Молодых и здоровых все любят, а вот старые и больные никому не нужны.
Леша искоса посмотрел на нее, потом обнял за плечи и прижал
к себе.
— Я тебя очень люблю, — едва слышно шепнул он.
День шел по плану, они погуляли, пообедали, поспали, уложив
Подружку на пол рядом с кроватью, съездили в город, где Настя показала мужу
здание горотдела внутренних дел, концертный зал и проходной двор, где убили
Корягину, а также дом, где она жила, потом они выпили кофе и съели по куску
торта, потом поехали в район новостроек, где жила и была убита Аида Борисовна
Павлова. И даже съездили на кладбище, и Настя показала Алексею две могилы —
Павловой и Алисы Ярцевой.

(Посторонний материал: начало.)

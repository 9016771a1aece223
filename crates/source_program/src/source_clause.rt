use crate::goal::Goal;
use aq_term::args0::Args0;

/// A clause of a predicate.
#[derive(Debug, Drop)]
pub struct SourceClause {
    /// The arguments of the head, as many as the predicate has.
    pub head: Args0,
    pub body: Goal,
    /// The most arguments of the head and of a call.
    pub most_arguments: usize,
    /// Each variable of the clause is below this number.
    pub variables: u32,
    /// The number of the clause in the text, from 1.
    pub number: u64,
    /// The weight of the clause: its number of tokens, where a codes token of k characters counts as 2k + 1, and eight times that
    /// for a grammar rule.
    pub weight: u64,
}
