ghost use Rattle.std.specs.Prelude.{◌≡◌, ℕ, [], not, IfOk, OnOk};
ghost use Rattle.source_program.specs.KeySets.{is_among, with_key};

use aq_term::atom::Atom;
use aq_term::memory::Memory;
use indexmap::IndexSet;
use std::alloc::Global;
use std::marker::Model;

/// Predicates by name and number of arguments, in the order in which they were added. Contracts see the list of the numbers of
/// their names with their numbers of arguments.
#[derive(Drop)]
pub struct PredicateSet {
    keys: IndexSet<(u32, usize)>,
}

impl Model for PredicateSet {
    ghost use Rattle.std.specs.Prelude.{ℕ, List};

    ghost Value = { List (ℕ × ℕ) };

    ghost view = { λ s. s.keys.keys };
}

/// Where a predicate stands among others, from 0, and whether it is new there.
#[derive(Clone, Copy, Debug)]
pub struct Added {
    pub place: usize,
    pub is_new: bool,
}

impl PredicateSet {
    pub fn new(alloc: Global) -> PredicateSet
        ensures { result ≡ [] }
    {
        PredicateSet {
            keys: IndexSet::new(alloc),
        }
    }

    /// Adds a predicate at the end, where it is not there.
    pub fn add(&mut self, name: Atom, arity: usize) -> Result<Added, Memory>
        ensures keys { OnOk result (self.new ≡ with_key self.old (name.number, arity)) }
        ensures is_new { IfOk result (λ added. added.is_new ≡ not (is_among self.old (name.number, arity))) }
    {
        let (place, is_new) = self.keys.insert_full((name.number, arity))?;
        Ok(Added { place, is_new })
    }

    pub fn has(&self, name: Atom, arity: usize) -> bool
        ensures { result ≡ is_among self.now (name.number, arity) }
    {
        self.keys.contains(&(name.number, arity))
    }
}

Ужинать отправились в ресторан при гостинице «Заря»,
в баре которой Настя встретила Полосухина и его сообщника Аркадия
Вольдемаровича.
Ей казалось, что до пяти утра она не выдержит, но оказалось,
что болеть «за наших» — дело азартное и увлекательное, и она даже не заметила,
как прошло время. Надо же, а ведь она никогда прежде не интересовалась спортом…
Неужели действительно на пороге пятидесятилетия ей начинают открываться новые
стороны жизни, о существовании которых она даже не подозревала? Неужели после
пятидесяти лет не продолжается кое-как прежняя жизнь, а начинается другая,
совсем новая?
Засыпая, она с сожалением подумала о том, что сегодня не
увидела снегиря. А ей так хотелось показать его Чистякову!